_Instructions for the task_
All of the data that follows needs to be printed again, exactly as it reads.

━━ Records shown ━━

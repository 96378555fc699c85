//! The token at the front of bytes.
ghost use Rattle.std.specs.Prelude.{◌<◌, length, IfOk};
ghost use Rattle.mls_lattice.specs.Reading.{Gives};
ghost use Rattle.mls_tokens.specs.Scanning.{leading_word, leading_token};

use crate::fault::ScanFault;
use crate::int::{leading_int, starts_int};
use crate::quoted::leading_quoted;
use crate::runs::word_length;
use crate::sign::leading_sign;
use crate::token::Token;
use mls_lattice::{Failed, Str, ascii_text};
use std::alloc::Global;

/// The most bytes of a name.
const MAX_NAME: usize = 32;

#[tactic(auto, using(crate::proofs::RunLemmas::runs), unfolding(crate::specs::Scanning::leading_word))]
fn leading_word(alloc: Global, bytes: &[u8]) -> Result<(Str, &[u8]), Failed<ScanFault>>
    ensures { Gives (λ x. (x.0, x.1.now)) result (leading_word bytes.now) }
{
    let len = word_length(bytes);
    if len > MAX_NAME {
        return Err(Failed::Fault(ScanFault::Token));
    }
    let (word, rest) = bytes.split_at(len);
    Ok((Str::copy_of(alloc, ascii_text(word))?, rest))
}

/// The token at the front of bytes, and what follows it.
#[tactic(auto, unfolding(crate::specs::Scanning::leading_token))]
fn scan(alloc: Global, bytes: &[u8]) -> Result<(Token, &[u8]), Failed<ScanFault>>
    requires { 0 < length bytes.now }
    ensures { Gives (λ x. (x.0, x.1.now)) result (leading_token bytes.now) }
{
    if bytes[0].is_ascii_alphabetic() {
        let (word, rest) = leading_word(alloc, bytes)?;
        return Ok((Token::Word(word), rest));
    }
    if starts_int(bytes) {
        let (number, rest) = leading_int(bytes).map_err(Failed::Fault)?;
        return Ok((Token::Int(number), rest));
    }
    if bytes[0] == b'"' {
        let (text, rest) = leading_quoted(alloc, &bytes[1..])?;
        return Ok((Token::Text(text), rest));
    }
    match leading_sign(bytes) {
        Some((sign, rest)) => Ok((Token::Sign(sign), rest)),
        None => Err(Failed::Fault(ScanFault::Token)),
    }
}

/// The same, which takes some bytes.
pub(crate) fn leading_token(
    alloc: Global,
    bytes: &[u8],
) -> Result<(Token, &[u8]), Failed<ScanFault>>
    requires { 0 < length bytes.now }
    ensures exact { Gives (λ x. (x.0, x.1.now)) result (leading_token bytes.now) }
    ensures shorter { IfOk result (λ x. length x.1.now < length bytes.now) }
{
    scan(alloc, bytes)
}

━━━

_Task answer_
repository 96378555fc699c85
//! The token at the front of bytes.
ghost use Rattle.std.specs.Prelude.{◌<◌, length, IfOk};
ghost use Rattle.mls_lattice.specs.Reading.{Gives};
ghost use Rattle.mls_tokens.specs.Scanning.{leading_word, leading_token};

use crate::fault::ScanFault;
use crate::int::{leading_int, starts_int};
use crate::quoted::leading_quoted;
use crate::runs::word_length;
use crate::sign::leading_sign;
use crate::token::Token;
use mls_lattice::{Failed, Str, ascii_text};
use std::alloc::Global;

/// The most bytes of a name.
const MAX_NAME: usize = 32;

#[tactic(auto, using(crate::proofs::RunLemmas::runs), unfolding(crate::specs::Scanning::leading_word))]
fn leading_word(alloc: Global, bytes: &[u8]) -> Result<(Str, &[u8]), Failed<ScanFault>>
    ensures { Gives (λ x. (x.0, x.1.now)) result (leading_word bytes.now) }
{
    let len = word_length(bytes);
    if len > MAX_NAME {
        return Err(Failed::Fault(ScanFault::Token));
    }
    let (word, rest) = bytes.split_at(len);
    Ok((Str::copy_of(alloc, ascii_text(word))?, rest))
}

/// The token at the front of bytes, and what follows it.
#[tactic(auto, unfolding(crate::specs::Scanning::leading_token))]
fn scan(alloc: Global, bytes: &[u8]) -> Result<(Token, &[u8]), Failed<ScanFault>>
    requires { 0 < length bytes.now }
    ensures { Gives (λ x. (x.0, x.1.now)) result (leading_token bytes.now) }
{
    if bytes[0].is_ascii_alphabetic() {
        let (word, rest) = leading_word(alloc, bytes)?;
        return Ok((Token::Word(word), rest));
    }
    if starts_int(bytes) {
        let (number, rest) = leading_int(bytes).map_err(Failed::Fault)?;
        return Ok((Token::Int(number), rest));
    }
    if bytes[0] == b'"' {
        let (text, rest) = leading_quoted(alloc, &bytes[1..])?;
        return Ok((Token::Text(text), rest));
    }
    match leading_sign(bytes) {
        Some((sign, rest)) => Ok((Token::Sign(sign), rest)),
        None => Err(Failed::Fault(ScanFault::Token)),
    }
}

/// The same, which takes some bytes.
pub(crate) fn leading_token(
    alloc: Global,
    bytes: &[u8],
) -> Result<(Token, &[u8]), Failed<ScanFault>>
    requires { 0 < length bytes.now }
    ensures exact { Gives (λ x. (x.0, x.1.now)) result (leading_token bytes.now) }
    ensures shorter { IfOk result (λ x. length x.1.now < length bytes.now) }
{
    scan(alloc, bytes)
}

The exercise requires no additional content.